Notes On The Synthesis Of Form

""Notes On the Synthesis of Form " by ChristopherAlexander

ISBN 0674627512 Early book in the development of patterns (Alexander's dissertation, I believe). Has several compelling lessons for software development, and still (though the details and concrete instantiations of patterns were yet to come) proves invaluable as background and rationale. Reading this made me ask IsXpAnUnselfconsciousProcess.

-- DavidHarvey


Design is the process of resolving conflicting constraints. The absolute best explanation for why evolutionary is better than heroic design is the book NotesOnTheSynthesisOfForm by ChristopherAlexander.

To cast what that book says into programming terms, consider a tall stack of conflicting requirements. Suppose programmer A took the whole stack, read each one, selected the most-conflicting requirements as a subset, and "thought about" how to design such that the majority of the conflicts went away. Then programmer A commits this design to source code, and then starts adding all the minor requirements to that design - the ones A assumed did not conflict.

Now suppose programmer B sorts the requirements into a random order, then pops a requirement off the top of the stack and writes the >simplest< possible design that could satisfy that requirement. Then B pops the next requirement, and makes the simplest possible change to that design to accommodate this requirement. Then B reviews the entire project to ensure that it is as simple as it can be for the current set of committed requirements. B removes any duplication found at this point. Then B repeats the process for each feature in the stack.

Years of research and practice have shown many people that programmer A adopted the correct technique. Programmer A deferred risk by taking a "most risk first" approach.

But the first technique is, in fact, deceptive. It adds risk. Programmer A took a flying leap all the way from no design to a very big design with lots of parts. B, however, took the design incrementally from nothing up a slope of minimum possible complexity. If programmer A leapt too far, the "extra design" that now burdens the project is hidden and terribly difficult to find and take out.

Further, we live in the real world, where "stakeholders" need to know we are not burning up their money. A's technique ran "invisible" for a long time, with no >accurate< way for a stakeholder to unobtrusively inspect any intermediate product.

Programmer B can get the current feature set reviewed at any time. Short iterations. If the project is in trouble, the stakeholder knows in less than 2 weeks, not in more than 2 months. Further, because programmer B needs the requirements list prioritized, the stakeholder can assign the risk to business value order.

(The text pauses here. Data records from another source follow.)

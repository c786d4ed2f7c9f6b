ghost use Rattle.std.specs.Prelude.{◌≡◌, ◌+◌, ◌<◌, ◌≤◌, ◌^◌, Bool, true, IfOk, length, slice_index};
ghost use Rattle.wb_term.specs.declared.nodes.Node.{Node};
ghost use Rattle.wb_term.specs.declared.nodes.Node.TheVariants.{Word};
ghost use Rattle.wb_term.specs.declared.nodes.WordNode.TheVariants.{Byte};
ghost use Rattle.wb_term.specs.Under.{HasOnly};
ghost use Rattle.wb_term.specs.Growth.{Grown, AddsAtMost};
ghost use Rattle.wb_port.specs.declared.accesses.Access.TheVariants as access;
ghost use Rattle.wb_port.specs.Port.{status_byte, byte_read};
ghost use Rattle.wb_symstep.specs.State.{IsSymState, StateHasOnly};
ghost use Rattle.wb_symstep.specs.Stepped.{IsStepped, SteppedHasOnly};
ghost use Rattle.wb_symport.specs.Transfer.{IsTold, StandsAfter, ForksAtOpenDrc};

use crate::after::after_transfer;
use crate::halves::{DrAfter, half_by, written};
use crate::status::status_byte;
use wb_make::mk_pick;
use wb_symstep::{OutOfMemory, Stepped, SymState, states_stay};
use wb_term::{Graph, WordId};

/// The byte that a status read gives.
pub fn sym_status(graph: &mut Graph, state: &SymState) -> Result<WordId, OutOfMemory>
    requires state { IsSymState graph.old state.now }
    requires room { length graph.old.nodes + 16 ≤ 2 ^ 31 }
    ensures value { IfOk result (λ id. IsTold graph.old graph.new state.now id status_byte) }
    ensures inputs { IfOk result (λ id. (allowed : Node → Bool) → StateHasOnly graph.old allowed state.now →
        HasOnly graph.new allowed id.number) }
    ensures grown { Grown graph.old graph.new }
    ensures adds { AddsAtMost graph.old graph.new 16 256 }
{
    status_byte(graph, state.rqm, state.drs, state.sr)
}

/// The byte that a data read gives, and what comes of the state.
pub fn sym_read(graph: &mut Graph, state: &SymState) -> Result<(WordId, Stepped), OutOfMemory>
    requires state { IsSymState graph.old state.now }
    requires room { length graph.old.nodes + 16 ≤ 2 ^ 31 }
    ensures value { IfOk result (λ r. IsTold graph.old graph.new state.now r.0 byte_read) }
    ensures stands { IfOk result (λ r. StandsAfter graph.old graph.new state.now (λ _. access.Read) r.1) }
    ensures there { IfOk result (λ r. IsStepped graph.new r.1) }
    ensures forks { IfOk result (λ r. ForksAtOpenDrc graph.old graph.new state.now r.1) }
    ensures inputs { IfOk result (λ r. (allowed : Node → Bool) → StateHasOnly graph.old allowed state.now →
        HasOnly graph.new allowed r.0.number × SteppedHasOnly graph.new allowed r.1) }
    ensures grown { Grown graph.old graph.new }
    ensures adds { AddsAtMost graph.old graph.new 16 256 }
{
    states_stay();
    let drc = mk_pick(graph, state.sr, 10)?;
    let byte = half_by(graph, drc, state.drs, state.dr)?;
    let dr = DrAfter {
        alone: state.dr,
        other: state.dr,
    };
    let stepped = after_transfer(graph, drc, state, dr)?;
    Ok((byte, stepped))
}

/// What comes of the state by a data write of the byte of a place.
pub fn sym_write(graph: &mut Graph, state: &SymState, place: u8) -> Result<Stepped, OutOfMemory>
    requires state { IsSymState graph.old state.now }
    requires place { place < 16 }
    requires room { length graph.old.nodes + 16 ≤ 2 ^ 31 }
    ensures stands { IfOk result (StandsAfter graph.old graph.new state.now (λ inputs. access.Write (slice_index inputs.bytes place))) }
    ensures there { IfOk result (IsStepped graph.new) }
    ensures forks { IfOk result (ForksAtOpenDrc graph.old graph.new state.now) }
    ensures inputs { IfOk result (λ r. (allowed : Node → Bool) → allowed (Word (Byte place)) ≡ true →
        StateHasOnly graph.old allowed state.now → SteppedHasOnly graph.new allowed r) }
    ensures grown { Grown graph.old graph.new }
    ensures adds { AddsAtMost graph.old graph.new 16 256 }
{
    states_stay();
    let drc = mk_pick(graph, state.sr, 10)?;
    let dr = written(graph, drc, state.drs, place, state.dr)?;
    after_transfer(graph, drc, state, dr)
}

That is the secret behind this evolutionary methodology:

       BusinessValueOrientedProgramming

-- PhlIp


I recently read the book for the first time. It has two parts. The first part is a very good analysis of why design is so hard. The second part is a proposed methodology. Alexander says that it is NOT a methodology, but I know one when I see one. Anyway, I bet that the reason that he does not like the book is because of the second part. But it was probably better than the average software methodology. The first part is definitely worth reading, and the second part is interesting to those who are curious. -- RalphJohnson


I'm struck by the resemblance between the rule of CouplingAndCohesion and Alexander's formal treatment of the "main" problem of design - hierarchical decomposition of the set M of misfit variables (the "things which might possibly break") into subsets which

In other words, the issue of CouplingAndCohesion isn't just central to software design - it is central to all design, if Alexander is to be believed.


ConstantineAndYourdon? made reference to Alexander in their 1978 Structured Design, so it is likely that Constantine's ideas of CouplingAndCohesion were influenced by Alexander's work.

(p. 104) ... Attempts have been made to quantify the strength of various types of coupling.* ...

*See, for example, Glenford J. Meyers, Reliable Software through Composite Design (1975) or Christopher Alexander, Notes on the Synthesis of Form (1971 [sic])


It has changed my way of thinking about design; and stopped me struggling to find a Perfect Design. Alexander cleanly and convincingly presents that Good Design is the absence of Bad Design, and once you understand that, all those BDUF meetings seem an achingly pointless waste of time.


Several of the summaries here, notably the first one, are inaccurate. Alexander's work is, roughly speaking, a natural philosophy of design. His treatment of "self-conscious" design: the problem of figuring out what the problem is, has a lot of structural similarities with Dave Parnas' "On the Criteria to Be Used in Decomposing Systems into Modules".